**YOUR ASSIGNMENT:** Your output should be the lines of the entries below, exactly, from the first one through the line that holds "pub enum CheckError".

**DATA EXCERPTS:**

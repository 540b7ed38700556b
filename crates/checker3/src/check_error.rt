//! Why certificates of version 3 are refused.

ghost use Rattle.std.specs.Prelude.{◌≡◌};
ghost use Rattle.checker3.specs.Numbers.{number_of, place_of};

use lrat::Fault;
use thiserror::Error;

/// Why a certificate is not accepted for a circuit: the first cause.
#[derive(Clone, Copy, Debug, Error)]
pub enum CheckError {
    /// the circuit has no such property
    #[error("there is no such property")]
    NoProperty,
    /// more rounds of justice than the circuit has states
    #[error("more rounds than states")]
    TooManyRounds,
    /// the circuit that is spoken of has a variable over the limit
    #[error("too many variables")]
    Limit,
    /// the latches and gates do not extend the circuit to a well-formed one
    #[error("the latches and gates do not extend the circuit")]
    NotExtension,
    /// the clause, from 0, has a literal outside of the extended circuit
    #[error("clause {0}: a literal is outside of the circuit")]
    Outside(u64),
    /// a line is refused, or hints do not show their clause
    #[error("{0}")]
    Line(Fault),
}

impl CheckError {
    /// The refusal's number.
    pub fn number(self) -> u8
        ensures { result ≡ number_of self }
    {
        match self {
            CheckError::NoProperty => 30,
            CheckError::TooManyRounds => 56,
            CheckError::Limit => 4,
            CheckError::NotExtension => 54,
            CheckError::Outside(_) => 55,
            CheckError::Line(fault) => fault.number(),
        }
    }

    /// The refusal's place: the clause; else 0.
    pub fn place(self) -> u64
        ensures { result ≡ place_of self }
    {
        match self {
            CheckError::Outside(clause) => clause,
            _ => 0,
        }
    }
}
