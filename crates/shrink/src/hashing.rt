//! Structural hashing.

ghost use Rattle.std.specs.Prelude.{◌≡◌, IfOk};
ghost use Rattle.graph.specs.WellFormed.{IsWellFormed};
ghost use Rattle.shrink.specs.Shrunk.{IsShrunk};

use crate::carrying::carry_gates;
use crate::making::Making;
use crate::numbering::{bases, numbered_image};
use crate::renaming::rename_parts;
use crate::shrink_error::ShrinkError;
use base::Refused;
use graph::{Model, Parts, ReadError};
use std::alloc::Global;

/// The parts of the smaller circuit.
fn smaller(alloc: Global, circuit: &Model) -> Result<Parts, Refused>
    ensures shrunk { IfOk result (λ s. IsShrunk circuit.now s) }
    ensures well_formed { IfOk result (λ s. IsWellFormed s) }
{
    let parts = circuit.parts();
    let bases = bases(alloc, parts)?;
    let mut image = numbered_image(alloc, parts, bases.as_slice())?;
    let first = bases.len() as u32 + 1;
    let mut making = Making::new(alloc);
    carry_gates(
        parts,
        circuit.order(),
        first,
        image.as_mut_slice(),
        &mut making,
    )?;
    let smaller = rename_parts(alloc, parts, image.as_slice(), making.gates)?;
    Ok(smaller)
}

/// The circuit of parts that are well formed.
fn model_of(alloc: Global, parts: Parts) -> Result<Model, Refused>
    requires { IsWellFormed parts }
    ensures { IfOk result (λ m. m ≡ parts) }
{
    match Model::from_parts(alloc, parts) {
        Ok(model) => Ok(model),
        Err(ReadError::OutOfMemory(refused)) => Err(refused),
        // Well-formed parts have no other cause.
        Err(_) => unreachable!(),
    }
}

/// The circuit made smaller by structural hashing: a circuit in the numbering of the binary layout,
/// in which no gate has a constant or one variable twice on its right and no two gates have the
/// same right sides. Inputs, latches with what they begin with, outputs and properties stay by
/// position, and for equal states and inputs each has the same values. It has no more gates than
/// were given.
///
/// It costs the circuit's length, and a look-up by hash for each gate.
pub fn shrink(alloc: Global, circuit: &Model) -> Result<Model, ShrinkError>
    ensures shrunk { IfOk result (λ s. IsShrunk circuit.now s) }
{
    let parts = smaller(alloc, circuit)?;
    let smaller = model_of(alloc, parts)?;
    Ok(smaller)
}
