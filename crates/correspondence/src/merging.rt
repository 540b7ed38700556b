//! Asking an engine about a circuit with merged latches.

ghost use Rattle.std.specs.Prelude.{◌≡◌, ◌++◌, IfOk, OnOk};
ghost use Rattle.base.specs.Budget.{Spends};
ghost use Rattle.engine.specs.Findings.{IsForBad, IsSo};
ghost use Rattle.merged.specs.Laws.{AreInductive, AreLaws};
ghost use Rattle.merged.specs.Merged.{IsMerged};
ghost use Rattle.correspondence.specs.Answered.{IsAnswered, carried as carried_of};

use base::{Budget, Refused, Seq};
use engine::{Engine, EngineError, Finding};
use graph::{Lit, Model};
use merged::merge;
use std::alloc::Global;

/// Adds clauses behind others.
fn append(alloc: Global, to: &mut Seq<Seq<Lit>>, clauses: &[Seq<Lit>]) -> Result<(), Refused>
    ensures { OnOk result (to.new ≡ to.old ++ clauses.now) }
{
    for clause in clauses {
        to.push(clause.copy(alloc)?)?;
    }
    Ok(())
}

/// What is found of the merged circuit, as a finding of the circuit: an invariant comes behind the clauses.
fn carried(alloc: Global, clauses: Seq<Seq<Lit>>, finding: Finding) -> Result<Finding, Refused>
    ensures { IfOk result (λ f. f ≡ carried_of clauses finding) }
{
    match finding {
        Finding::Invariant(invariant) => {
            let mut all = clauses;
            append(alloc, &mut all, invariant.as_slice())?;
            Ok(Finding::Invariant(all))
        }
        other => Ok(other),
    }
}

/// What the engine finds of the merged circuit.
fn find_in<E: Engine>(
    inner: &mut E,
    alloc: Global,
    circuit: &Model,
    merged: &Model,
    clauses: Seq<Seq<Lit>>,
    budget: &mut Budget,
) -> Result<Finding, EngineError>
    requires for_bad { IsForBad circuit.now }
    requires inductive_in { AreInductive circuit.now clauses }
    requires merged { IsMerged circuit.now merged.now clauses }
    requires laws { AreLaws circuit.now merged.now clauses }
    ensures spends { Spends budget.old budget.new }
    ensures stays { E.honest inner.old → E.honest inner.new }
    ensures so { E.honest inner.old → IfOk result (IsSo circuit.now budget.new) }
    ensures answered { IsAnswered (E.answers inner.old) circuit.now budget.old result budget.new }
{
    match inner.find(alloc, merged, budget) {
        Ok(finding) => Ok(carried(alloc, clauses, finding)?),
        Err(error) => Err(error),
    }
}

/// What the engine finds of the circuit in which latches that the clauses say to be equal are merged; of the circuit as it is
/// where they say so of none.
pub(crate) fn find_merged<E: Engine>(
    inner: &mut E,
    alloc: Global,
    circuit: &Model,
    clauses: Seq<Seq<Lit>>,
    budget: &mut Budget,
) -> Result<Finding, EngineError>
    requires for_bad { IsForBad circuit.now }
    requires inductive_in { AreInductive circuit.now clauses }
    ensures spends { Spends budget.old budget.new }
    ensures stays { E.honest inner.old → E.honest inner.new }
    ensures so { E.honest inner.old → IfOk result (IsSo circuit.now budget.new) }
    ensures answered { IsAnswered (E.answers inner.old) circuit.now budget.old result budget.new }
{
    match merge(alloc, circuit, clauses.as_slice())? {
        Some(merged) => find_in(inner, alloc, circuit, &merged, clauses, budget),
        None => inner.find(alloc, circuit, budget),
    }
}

**RESPONSE AREA:**
repository 540b7ed38700556b
filename crates/checker3/src/check_error.rt
//! Why certificates of version 3 are refused.

ghost use Rattle.std.specs.Prelude.{◌≡◌};
ghost use Rattle.checker3.specs.Numbers.{number_of, place_of};

use lrat::Fault;
use thiserror::Error;

/// Why a certificate is not accepted for a circuit: the first cause.
#[derive(Clone, Copy, Debug, Error)]
pub enum CheckError {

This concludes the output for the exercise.